» INSTRUCTIONS TO FOLLOW: Using the entries below, show all lines with the string "Record".
PROVIDED DATA Start Marker
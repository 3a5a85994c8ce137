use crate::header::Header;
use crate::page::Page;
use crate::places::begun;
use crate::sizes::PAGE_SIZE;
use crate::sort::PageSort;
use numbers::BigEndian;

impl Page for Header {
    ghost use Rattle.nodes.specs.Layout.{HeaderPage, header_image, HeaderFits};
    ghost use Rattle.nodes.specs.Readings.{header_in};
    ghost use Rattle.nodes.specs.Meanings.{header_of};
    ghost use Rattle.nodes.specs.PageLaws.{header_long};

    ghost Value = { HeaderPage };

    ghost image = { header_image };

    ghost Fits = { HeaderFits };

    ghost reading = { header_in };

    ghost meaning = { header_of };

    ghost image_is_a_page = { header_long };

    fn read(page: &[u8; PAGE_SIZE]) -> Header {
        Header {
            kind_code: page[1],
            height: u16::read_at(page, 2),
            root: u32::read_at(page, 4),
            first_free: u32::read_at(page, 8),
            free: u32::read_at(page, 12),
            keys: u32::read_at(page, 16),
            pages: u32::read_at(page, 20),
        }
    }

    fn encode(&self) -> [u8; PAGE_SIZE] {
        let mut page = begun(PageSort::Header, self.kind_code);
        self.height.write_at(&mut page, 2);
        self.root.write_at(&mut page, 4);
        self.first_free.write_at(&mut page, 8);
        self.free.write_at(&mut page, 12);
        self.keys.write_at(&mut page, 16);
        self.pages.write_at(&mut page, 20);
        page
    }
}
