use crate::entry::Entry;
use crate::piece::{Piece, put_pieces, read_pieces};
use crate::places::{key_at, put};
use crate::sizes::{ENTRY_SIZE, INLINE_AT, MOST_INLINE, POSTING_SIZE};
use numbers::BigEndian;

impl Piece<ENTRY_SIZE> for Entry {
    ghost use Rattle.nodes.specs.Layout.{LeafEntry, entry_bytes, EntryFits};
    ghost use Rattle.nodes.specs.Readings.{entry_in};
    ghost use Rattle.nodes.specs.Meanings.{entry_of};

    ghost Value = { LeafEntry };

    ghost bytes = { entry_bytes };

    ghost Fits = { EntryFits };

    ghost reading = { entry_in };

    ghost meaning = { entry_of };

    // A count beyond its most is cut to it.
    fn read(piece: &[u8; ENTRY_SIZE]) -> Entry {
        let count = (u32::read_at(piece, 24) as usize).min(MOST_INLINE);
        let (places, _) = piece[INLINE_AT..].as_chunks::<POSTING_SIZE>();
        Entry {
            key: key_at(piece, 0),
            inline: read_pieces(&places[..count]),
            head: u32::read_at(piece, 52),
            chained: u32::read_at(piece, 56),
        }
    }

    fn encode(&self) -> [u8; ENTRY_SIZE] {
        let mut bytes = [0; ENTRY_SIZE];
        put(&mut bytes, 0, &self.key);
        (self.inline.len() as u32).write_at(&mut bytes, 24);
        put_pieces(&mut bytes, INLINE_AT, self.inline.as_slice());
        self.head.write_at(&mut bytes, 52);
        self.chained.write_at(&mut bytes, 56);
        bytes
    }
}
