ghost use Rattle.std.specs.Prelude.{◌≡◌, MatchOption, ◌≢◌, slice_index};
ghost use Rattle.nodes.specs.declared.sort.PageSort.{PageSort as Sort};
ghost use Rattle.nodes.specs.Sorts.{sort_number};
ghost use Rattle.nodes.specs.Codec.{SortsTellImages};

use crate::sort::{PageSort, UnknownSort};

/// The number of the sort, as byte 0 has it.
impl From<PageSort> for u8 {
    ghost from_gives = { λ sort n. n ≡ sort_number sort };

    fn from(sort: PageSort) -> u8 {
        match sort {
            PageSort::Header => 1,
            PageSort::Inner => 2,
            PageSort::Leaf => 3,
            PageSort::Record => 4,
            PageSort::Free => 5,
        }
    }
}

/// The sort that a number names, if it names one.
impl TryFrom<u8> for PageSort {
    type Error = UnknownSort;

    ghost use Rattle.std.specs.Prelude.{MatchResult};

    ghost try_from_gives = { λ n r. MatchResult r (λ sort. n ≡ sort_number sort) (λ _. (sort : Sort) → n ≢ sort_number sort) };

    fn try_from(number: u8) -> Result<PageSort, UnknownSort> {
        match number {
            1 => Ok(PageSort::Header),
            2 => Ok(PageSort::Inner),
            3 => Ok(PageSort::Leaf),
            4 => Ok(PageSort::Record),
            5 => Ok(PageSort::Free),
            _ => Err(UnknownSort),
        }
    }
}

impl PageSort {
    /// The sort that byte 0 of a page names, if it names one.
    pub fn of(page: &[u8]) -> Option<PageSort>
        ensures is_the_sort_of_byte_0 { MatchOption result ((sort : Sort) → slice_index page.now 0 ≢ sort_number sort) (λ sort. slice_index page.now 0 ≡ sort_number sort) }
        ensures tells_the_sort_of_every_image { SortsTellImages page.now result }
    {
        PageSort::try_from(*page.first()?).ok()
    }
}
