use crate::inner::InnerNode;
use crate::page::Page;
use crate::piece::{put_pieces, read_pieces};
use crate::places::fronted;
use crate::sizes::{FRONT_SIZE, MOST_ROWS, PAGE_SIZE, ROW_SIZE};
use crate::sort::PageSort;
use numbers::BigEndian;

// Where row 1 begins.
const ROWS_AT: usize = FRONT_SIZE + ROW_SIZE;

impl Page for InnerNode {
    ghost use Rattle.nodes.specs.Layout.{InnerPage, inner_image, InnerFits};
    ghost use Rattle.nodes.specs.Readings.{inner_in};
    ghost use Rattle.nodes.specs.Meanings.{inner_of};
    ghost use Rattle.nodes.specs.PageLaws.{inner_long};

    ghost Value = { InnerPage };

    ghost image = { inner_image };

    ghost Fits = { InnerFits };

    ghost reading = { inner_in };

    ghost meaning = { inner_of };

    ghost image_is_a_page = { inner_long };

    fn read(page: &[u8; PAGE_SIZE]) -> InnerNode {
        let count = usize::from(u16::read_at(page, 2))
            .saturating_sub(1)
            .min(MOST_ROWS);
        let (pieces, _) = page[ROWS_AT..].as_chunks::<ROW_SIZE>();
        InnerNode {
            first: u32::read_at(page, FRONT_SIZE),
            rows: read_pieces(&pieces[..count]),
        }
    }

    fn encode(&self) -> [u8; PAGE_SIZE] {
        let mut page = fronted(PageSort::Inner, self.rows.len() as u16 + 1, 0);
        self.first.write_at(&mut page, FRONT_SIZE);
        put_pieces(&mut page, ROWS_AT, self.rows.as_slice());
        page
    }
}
PROVIDED DATA End Marker
» FINAL ANSWER:
            PageSort::Record => 4,
            4 => Ok(PageSort::Record),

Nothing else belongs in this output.